The bulk of the horses were shipped to a Spanish Barb Preserve in Washington State, where they all died after wandering into a neighboring field treated with herbicide. The rest were divided into small groups and shipped out to anyone who would take them. When Fusco finally found Edwards still alive, the old man was not sure where the remaining horses ended up.
Fusco tracked down every lead, and found one batch of seven Spanish Barbs in Texas, the other group of four in California. "Getting them here was really difficult," he says. "Tracking them down, buying them, setting up the round pens, working the mares, separating the stallions. It was a big project." Fusco also bought the "registry," which shares his barn-style office with buffalo skulls, badger pelts and other Indian lore.
Striding across his field, grain bucket in hand, Fusco looks happier than a horse in a hay loft. The mares come right over, en masse, providing a better look at their characteristic long manes, tufted ears and crescent-shaped nostrils. Last week they used the same crowding technique to try to finish off the family dog, seen as a predator by wild horses.
Fusco points out the "alpha mare" — the sociology of wild ponies is more akin to wild deer or wolves than cows or horses. Morning Dove is six months pregnant and still nursing a foal — a no-no in traditional equestrian circles. "We do things a little differently," Fusco says, noting that the animals, renowned for their hardiness and jumbo-sized hearts, will be foaling wild, in the snow, in March.

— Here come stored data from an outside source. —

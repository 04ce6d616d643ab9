//! Written by tools/recognizers.py; edits are lost.
//!
//! The rules of the grammar as data.
ghost use Rattle.std.specs.Prelude.{◌≡◌};
ghost use Rattle.syn_grammar.specs.Run.{parse_form};
ghost use Rattle.syn_grammar.specs.Table.{table};
ghost use Rattle.syn_recognize.specs.Forms.{grammar_of};
ghost use Rattle.syn_recognize.specs.Names.{rule_of};
ghost use Rattle.syn_recognize.specs.Parts.{part_form};

use crate::form::Form;

mod attributes;
mod blocks;
mod fields;
mod files;
mod foreign;
mod foreign_members;
mod generics;
mod heads;
mod impl_members;
mod impls;
mod inputs;
mod items;
mod kept_items;
mod lists;
mod operators;
mod patterns;
mod postfixes;
mod signatures;
mod statements;
mod trait_members;
mod traits;
mod types;
mod visibilities;

/// A file of rules, or a part of one.
#[derive(Clone, Copy, PartialEq, Eq)]
enum Topic {
    Attributes,
    Visibilities,
    Types,
    Generics,
    Fields,
    Inputs,
    Patterns,
    Lists,
    Blocks,
    Postfixes,
    Operators,
    Heads,
    Statements,
    Signatures,
    Items1,
    Items2,
    KeptItems,
    Traits,
    Impls,
    Foreign,
    TraitMembers,
    ImplMembers,
    ForeignMembers,
    Files,
}

/// A rule of the grammar, by its group and its place there.
#[derive(Clone, Copy, PartialEq, Eq)]
pub struct Rule {
    topic: Topic,
    place: u8,
}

Standing together in the field — with larger Hollywood "paint" horses off on their own — the diminuitive animals look refreshingly diverse in black roan, coyote dun and grullo. Some have primitive markings, like zebra stockings or a dark dorsal stripe. Despite their knobby knees, the winning combination of short back and long flexor tendons make for a super-smooth ride.
They also make a lovely sight circling the ring on a rope bridle. "I was working one of the mares in the round pen down there, and a local horse lady stopped and said, 'That horse could go into hunter jumper class and win everything," Fusco says. Starting next summer, he wants to start actively promoting the breed, getting the ponies out to local horse shows, fairs and pow-wows.
Exposure shouldn't be a problem. One pony here traces back to the Cherokee "Trail of Tears." But what Fusco really wants for his ponies is respect — something these historic horses, and their erstwhile riders, were summarily spared. If he can't make up for their past humiliation, Fusco is determined to improve their future through his Vermont-based Indian Horse Conservancy. Certainly no breed is more entitled to a turn in the clover.